FIG. 3a is a highly schematic sectional view from the side of a wellhead with a tubing hanger in the process of being installed, also showing tubing hanger running tool and orientation system together with high pressure riser orientation spool; and

FIG. 3b is a highly schematic view of a monitoring unit located on the surface.

DETAILED DESCRIPTION

Turning now to the detailed description of the preferred arrangement or arrangements of the present invention, it should be understood that the inventive features and concepts may be manifested in other arrangements and that the scope of the invention is not limited to the embodiments described or illustrated. The scope of the invention is intended only to be limited by the scope of the claims that follow.

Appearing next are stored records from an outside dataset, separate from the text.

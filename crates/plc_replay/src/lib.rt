//! What a recorded schedule comes to: its lines, one after the other, over the runs of `plc_run`,
//! with the frees that a reclaimer picks. `replay` gives the one end that the definition gives:
//! the first race, impossible line or forbidden free, or else the counts of the whole. Under a
//! reclaimer that serves the file's observer no end is a forbidden free.
//!
//! A replay may also be followed line by line, to look at memory and threads after each: `begin_reclaimer`, then
//! `Config::start` for line 1, from which a replay may go on (`starts_stand`), then `take_line` for each further line,
//! until one of them answers an end or none is left. Who has to know the move of a line calls `ask` and `take_move`,
//! of which `take_line` is made.
#![tactic(auto)]

mod beginning;
mod end;
mod laws;
mod lines;
mod moving;
mod replaying;
mod wanted;

pub use beginning::begin_reclaimer;
pub use end::End;
pub use laws::{schedules_come_to_one_end, served_replays_forbid_nothing, starts_stand};
pub use lines::take_line;
pub use moving::take_move;
pub use replaying::replay;
pub use wanted::{Wanted, ask};
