// What runs and reclaimers use of locations, each a law on the definitions alone.
ghost use Rattle.std.specs.Prelude.{◌≡◌, ℕ, List};
ghost use Rattle.plc_auto.specs.declared.event.Event.{Event};
ghost use Rattle.plc_auto.specs.declared.observer.Observer.{Observer};
ghost use Rattle.plc_auto.specs.Locations.{fresh, locations_after_all};
ghost use Rattle.plc_auto.specs.Following.{FollowsThreads, FollowsObservers};

/// After any events each thread of a run stands where its observer says, and a free is judged so.
pub fn locations_of_threads_follow()
    ensures { (o : Observer) (threads : ℕ) → FollowsThreads o threads }
{}

/// After any events the watcher of each thread for each observer stands where the observer says, and the retired rows
/// have the addresses that wait, in the order of their retirements.
pub fn locations_follow_observers()
    ensures { (os : List Observer) (h : List Event) → FollowsObservers os h (locations_after_all (fresh os) h) }
{}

FIG. 1 shows prior art and provides background to the invention. On a subsea template 1 are located four vertical Xmas trees (VXTs) 2. Each VXT is located on the template by template guide posts 3. Extending from each VXT is an inboard wing hub 4 (for clarity, this is only shown on the bottom left VXT in FIG. 1) which carries produced oil and gas from the wellhead 6 and terminates in a connector 5.

At the center of the template 1 is a manifold 7. Extending from the manifold 7 are four outboard wing hubs 8 each terminating in a respective outboard wing hub connector 9. In the assembly, the outboard and inboard connectors 5, 9 are secured together such that produced oil and gas flows from all four VXTs to the manifold 7. An output line 10 from the manifold 7 carries produced oil and gas from all four VXTs to a nearby production platform.

The inboard and outboard hubs 4, 8 comprise steel tubing with a large central bore for produced oil and gas and smaller channels and lines (not shown in FIG. 1), e.g. for control or managing pressure in annuli in the producing well. The alignment of the inboard and outboard hub connectors 5, 9 is critical and is ensured by the VXT and manifold both being located by features of the template 1.

Turning now to FIG. 2, which also shows prior art and provides background to the invention, a wellhead 11 is installed in a slot 12 of a template 1. Installed in the wellhead is a casing hanger 13 and, mounted in the wellhead on the casing hanger, is a tubing hanger 14. Mounted on the wellhead 11 a vertical Xmas tree (VXT)15. The VXT is located with respect to the template 1 by template guide posts 3.

As with the other components, the VXT 15 is shown in highly schematic form and omitting the majority of the features of this complex piece of equipment. Connected to the side of the VXT 15 is an inboard wing hub 4 with connector 5 for interfacing with an outboard wing hub of a manifold (not shown).

The VXT 15 interfaces with the tubing hanger 14 and makes a seal 17 with a main production bore 16 of the tubing hanger 14, such that the main production bore is continued through a VXT main bore 18 and then via a further seal 19 through an inboard hub main bore 20.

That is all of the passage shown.